ReplicatedGTID.comparable assumed a single uuid:ranges value, but SHOW MASTER STATUS returns multi-UUID gtid_executed sets joined with ,\n on servers with failover or restore history. The second UUID was mis-parsed into a NaN transaction id, producing LSNs like 0000000000000NaN|.... On low-transaction-count servers this permanently blocked all checkpoints and was not recoverable by a restart.

  • comparable now parses full GTID sets: multiple UUIDs, whitespace and newline tolerant, multiple intervals per UUID, taking the maximum transaction id across the set, never producing NaN
  • Output format is byte-identical for previously-correct inputs, since persisted LSN strings in bucket storage must keep comparing correctly across the upgrade
  • Also fixes two adjacent parsing defects: multi-interval sets (uuid:1-5:11-18 previously parsed as 5 instead of 18) and MySQL 8.4 tagged GTIDs (previously NaN)
  • deserialize now validates the binlog offset and throws loudly instead of silently producing a NaN position

Tests

  • New ReplicatedGTID.test.ts unit suite (13 tests, no database needed): multi-UUID sets in the exact customer shape, multi-interval sets, ZERO format stability, defensive handling of unparseable segments, serialization round-trips, and ordering pins that document how corrected LSNs compare against legacy NaN-poisoned values
  • New BinLogListener integration test asserting the keepalive LSN after a commit equals the commit LSN; verified to fail on main before the fix
  • Full module suite passes: 127/127 against MySQL 8.0 with both MongoDB and Postgres storage

Notes for reviewers

  • Intentionally out of scope, tracked for follow-up: COMMIT/ROLLBACK query events never reset isTransactionOpen (suppresses keepalives after writes to non-transactional engines), and the binlog offset in the comparable format is not zero-padded (cannot change without breaking comparisons against persisted LSNs)
  • Instances already carrying a poisoned NaN checkpoint LSN self-heal once their transaction id reaches 1000; below that a resync is required, which no forward fix can avoid

🤖 AI disclosure: this pull request was generated by Claude (via Claude Code). The investigation, reproduction, fix, and tests were produced by Claude working from the customer's logs, directed and reviewed by @michaelbarnes.

michaelbarnes and others added 2 commits July 1, 2026 17:21
Heartbeat keepalives re-sent the LSN from the start of the last
transaction, while checkpoints store the LSN from the end of the same
transaction. On an idle server this blocked checkpoint creation
("Waiting before creating checkpoint" every ~30s) until the next
transaction arrived.

All commit paths (Xid, DDL auto-commit, non-transactional query) now
advance the current GTID position to the commit position, so keepalive
LSNs are never behind the last checkpoint LSN. The listener also no
longer mutates the caller's startGTID position object.

Co-Authored-By: Claude Fable 5 <noreply@anthropic.com>
ReplicatedGTID.comparable assumed a single server UUID in the raw GTID.
A gtid_executed containing multiple server UUIDs (e.g. after a failover
or restore) was mis-parsed into a NaN transaction id, producing LSNs
like "0000000000000NaN|...". On servers with a low transaction count
this permanently blocked checkpoint creation, and the corrupted LSN
could not be recovered by a service restart.

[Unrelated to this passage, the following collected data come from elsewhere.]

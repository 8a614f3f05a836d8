//! A place found, or made within the place above it.

ghost use Rattle.std.specs.Prelude.{◌≡◌, ◌<◌, ◌∷◌, ◌++◌, false, Some, IfErr, IfOk, OnOk, MatchOption, MatchResult};
ghost use Rattle.archive_state.specs.Looks.{is_failure, is_stop, CountsFailures, OnView};
ghost use Rattle.record_shapes.specs.Paths as paths;
ghost use Rattle.field_rows.specs.Cuts.{Without};
ghost use Rattle.import_definitions.specs.Numbers as numbers;
ghost use Rattle.import_numbers.specs.Settling.{IsPathText, Knows, Settles};
ghost use Rattle.import_numbers.specs.Views.{drawing_said, found_said, places_of};

use crate::drawing::Drawing;
use crate::finding::{FilePlaces, Looks};
use crate::found::Found;
use archive_state::View;
use field_rows::made_normal;
use record_text::RefusalKind;
use std::alloc::Global;

/// Where in a file a place is sought.
#[derive(Clone, Copy)]
pub struct Spot {
    /// The position of the node.
    pub position: u32,
    /// Of the file's places those before this position count; none: all do.
    pub before: Option<u32>,
}

impl Spot {
    /// The same for the place above: there those before the node count.
    fn above(self) -> Spot
        ensures { (result.position ≡ self.position) × (result.before ≡ Some self.position) }
    {
        Spot {
            position: self.position,
            before: Some(self.position),
        }
    }
}

/// The place of a path: found, or else made within the place of the names after the first, which is found or made
/// before it. 63: there is no number left.
pub fn settle<V: View>(
    alloc: Global,
    view: &mut V,
    looks: &mut Looks,
    file: &FilePlaces,
    drawing: &mut Drawing,
    spot: Spot,
    text: &str,
) -> Result<Found, RefusalKind>
    requires { IsPathText text.now }
    ensures settles { OnView V.is_honest V.shows V.content view.old view.new (λ c. Knows looks.old.found c
        → Settles (numbers.settle (places_of c file.now) spot.before spot.position (numbers.names_of text.now)
        (drawing_said drawing.old)) drawing.new result × IfOk result (λ f. Knows looks.new.found c)) }
    ensures counts { CountsFailures (V.failed view.old) (V.failed view.new) result }
{
    let path = made_normal(alloc, text)?;
    let made = drawing.made(path.as_str());
    if let Some(found) = looks.find(alloc, view, file, spot.before, made, path.as_str())? {
        return Ok(found);
    }
    let Some((part, after)) = cut(text) else {
        return drawing.make(alloc, path.as_str(), path.as_str(), None);
    };
    let above = settle(alloc, view, looks, file, drawing, spot.above(), after)?;
    make_within(alloc, drawing, path.as_str(), part, above)
}

/// Makes the place of a path within another, with the part in front as its name.
fn make_within(
    alloc: Global,
    drawing: &mut Drawing,
    path: &str,
    part: &str,
    above: Found,
) -> Result<Found, RefusalKind>
    requires { IsPathText part.now }
    ensures made { OnOk result (drawing_said drawing.new
        ≡ numbers.with_made path.now (paths.normal part.now) (Some (found_said above)) (drawing_said drawing.old)) }
    ensures number { MatchResult result
        (λ f. found_said f ≡ numbers.at_number drawing.old.next)
        (λ e. is_stop e ≡ false → (e ≡ RefusalKind.Full) × (4294967295 < drawing.old.next)) }
    ensures own { IfErr result (λ e. is_failure e ≡ false) }
{
    let name = made_normal(alloc, part)?;
    drawing.make(alloc, path, name.as_str(), Some(above))
}

/// What is before the first comma and after it.
fn cut(text: &str) -> Option<(&str, &str)>
    ensures { MatchOption result (Without 44 text.now)
        (λ x. (text.now ≡ x.0.now ++ 44 ∷ x.1.now) × Without 44 x.0.now) }
{
    text.split_once(',')
}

The comparable LSN now parses full GTID sets (multiple UUIDs joined
with ",\n", multiple intervals per UUID) and uses the maximum
transaction id across the set. Unparseable segments are skipped instead
of poisoning the result. deserialize now validates the binlog offset
instead of silently producing NaN.

Co-Authored-By: Claude Fable 5 <noreply@anthropic.com>
@changeset-bot

changeset-bot Bot commented Jul 1, 2026

Copy link
Copy Markdown

🦋 Changeset detected

Latest commit: 8e9420d

The changes in this PR will be included in the next version bump.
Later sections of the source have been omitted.